Año a año, los Goya han demostrado ser muy importantes para la carrera política de Ángeles González-Sinde, que una vez ocupó el puesto de su partenaire en esta polémica. En 2009 se hacía la foto en la alfombra verde con el hombre al que sustituiría como ministro de Cultura, César Antonio Molina. Ella era la presidenta de la Academia de Cine, y daba un discurso que ya fue de lo más comentado de la gala. "Tenemos que seguir peleando para que las descargas ilegales no nos hagan desaparecer, para que nuestros administradores comprendan que en el negocio de la red no pueden ganar sólo las operadoras de ADSL, mientras quienes proporcionamos los contenidos, perdemos", decía. Cinco días después llegaba su premio y era nombrada ministra, con el encargo de solucionar el problema de las descargas como una de sus principales misiones, un nombramiento que fue interpretado por los internautas como una declaración de intenciones (mínimo) o una provocación (máximo). Como han demostrado después los papeles de Wikileaks, ya entonces era una prioridad del Gobierno Zapatero sacar adelante una ley que respondiera a las presiones norteamericanas y a las de la propia industria.

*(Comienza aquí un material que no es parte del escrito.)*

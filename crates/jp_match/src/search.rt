//! A search for the offsets of a text that words of a pattern reach.

ghost use Rattle.jp_match.specs.Private.Offset.{IsOver};

use crate::class_tests::Tests;
use crate::offsets::Offsets;
use std::alloc::Global;

/// A text, and what sets of its offsets are allocated by.
#[derive(Clone, Copy)]
pub(crate) struct Ground<'t> {
    pub(crate) alloc: Global,
    pub(crate) text: &'t [char],
}

/// The offsets of a text that are reached so far, and the class tests that this took.
#[derive(Drop)]
pub(crate) struct Search<'t> {
    pub(crate) ground: Ground<'t>,
    pub(crate) offsets: Offsets,
    pub(crate) tests: Tests,
    ghost sized: { IsOver offsets.items ground.text.now },
}
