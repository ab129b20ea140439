//! Patterns whose words all have one number of characters, as those of dates have.

ghost use Rattle.std.specs.Prelude.{IfSome, map};
ghost use Rattle.jp_iregexp.specs.Tree.{tree, branches, pieces, repeat};
ghost use Rattle.jp_match.specs.Private.OneWidth.{IsWidthOf};

use jp_iregexp::Pattern;

/// How many characters each word of the pattern has; None where its parts don't tell one number, or
/// one that is too great for its type.
#[cycle(width)]
pub(crate) fn width_of(pattern: &Pattern) -> Option<u64>
    ensures { IfSome result (IsWidthOf (tree pattern.now)) }
{
    match pattern {
        Pattern::Either(branches) => width_of_each(branches),
        Pattern::Sequence(pieces) => width_of_all(pieces),
        Pattern::Repeat { inner, least, most } => width_of_repeat(inner, *least, *most),
        Pattern::Class(_) => Some(1),
    }
}

/// The width of each branch.
#[cycle(width)]
fn width_of_each(parts: &[Pattern]) -> Option<u64>
    ensures { IfSome result (IsWidthOf (branches (map tree parts.now))) }
{
    let [first, others @ ..] = parts else {
        return None;
    };
    let width = width_of(first)?;
    for branch in others {
        if width_of(branch)? != width {
            return None;
        }
    }
    Some(width)
}

/// The width of all pieces together.
#[cycle(width)]
fn width_of_all(parts: &[Pattern]) -> Option<u64>
    ensures { IfSome result (IsWidthOf (pieces (map tree parts.now))) }
{
    let mut width: u64 = 0;
    for piece in parts {
        let own = width_of(piece)?;
        width = width.checked_add(own)?;
    }
    Some(width)
}

/// The width of a repeat that takes one number of words. There is none told where those are empty,
/// so that each round of a repeat takes a character.
#[cycle(width)]
fn width_of_repeat(inner: &Pattern, least: u32, most: Option<u32>) -> Option<u64>
    ensures { IfSome result (IsWidthOf (repeat (tree inner.now) least most)) }
{
    if most != Some(least) {
        return None;
    }
    let each = width_of(inner)?;
    if each == 0 {
        return None;
    }
    u64::from(least).checked_mul(each)
}
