//! The characters that each word of a pattern begins with, as those of `2026-..` begin with a year.

ghost use Rattle.std.specs.Prelude.{◌≡◌, IfSome};
ghost use Rattle.std.specs.Str.{chars};
ghost use Rattle.jp_iregexp.specs.Tree.{tree};
ghost use Rattle.jp_iregexp.specs.Language.{Language};
ghost use Rattle.jp_match.specs.Private.Beginning.{AllBegin};
ghost use Rattle.jp_match.specs.Private.OnlyWords.{characters, is_prefix};

use crate::only_words::only_char;
use jp_iregexp::Pattern;
use std::alloc::Global;

/// Fewer bytes are not compared: the first class tells as much.
const FEWEST_BYTES: usize = 2;

/// What each word of the pattern begins with, where it has one branch: the pieces at its front that
/// are one character each. None where they spell fewer than two bytes, for any other pattern, and
/// where memory ran out.
pub(crate) fn prefix_of(pattern: &Pattern) -> Option<String>
    ensures { IfSome result (λ prefix. AllBegin (characters prefix) (Language (tree pattern.now))) }
{
    let Pattern::Either(branches) = pattern else {
        return None;
    };
    let [only] = branches.as_slice() else {
        return None;
    };
    let prefix = prefix_of_branch(*branches.allocator(), only)?;
    if prefix.len() < FEWEST_BYTES {
        return None;
    }
    Some(prefix)
}

/// What each word of the branch begins with.
fn prefix_of_branch(alloc: Global, branch: &Pattern) -> Option<String>
    ensures { IfSome result (λ prefix. AllBegin (characters prefix) (Language (tree branch.now))) }
{
    let Pattern::Sequence(pieces) = branch else {
        return None;
    };
    let mut prefix = String::new(alloc);
    for piece in pieces {
        let Some(c) = only_char(piece) else {
            return Some(prefix);
        };
        prefix.push(c).ok()?;
    }
    Some(prefix)
}

/// Whether the text begins with the prefix.
#[inline(always)]
pub(crate) fn begins_with(text: &str, prefix: &str) -> bool
    ensures { result ≡ is_prefix (chars prefix.now) (chars text.now) }
{
    text.starts_with(prefix)
}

Al año siguiente, Sinde ya era ministra, y asistía a la entrega desde las butacas. Pero en 2010 las miradas no estaban puesta en ella, ni en el hombre que la había relevado al frente de la Academia, Álex de la Iglesia, que en esa ocasión no citó a internet. Entonces el morbo era ver a Almodóvar reconciliándose con el cine español y a Pé y Bardem sentados juntos. Para Bardem (pitado por cierto a la entrada por Anonymous por su posición sobre la Ley Sinde) también ha sido unos Goyas muy distintos este año. Pero esa ya es otra historia.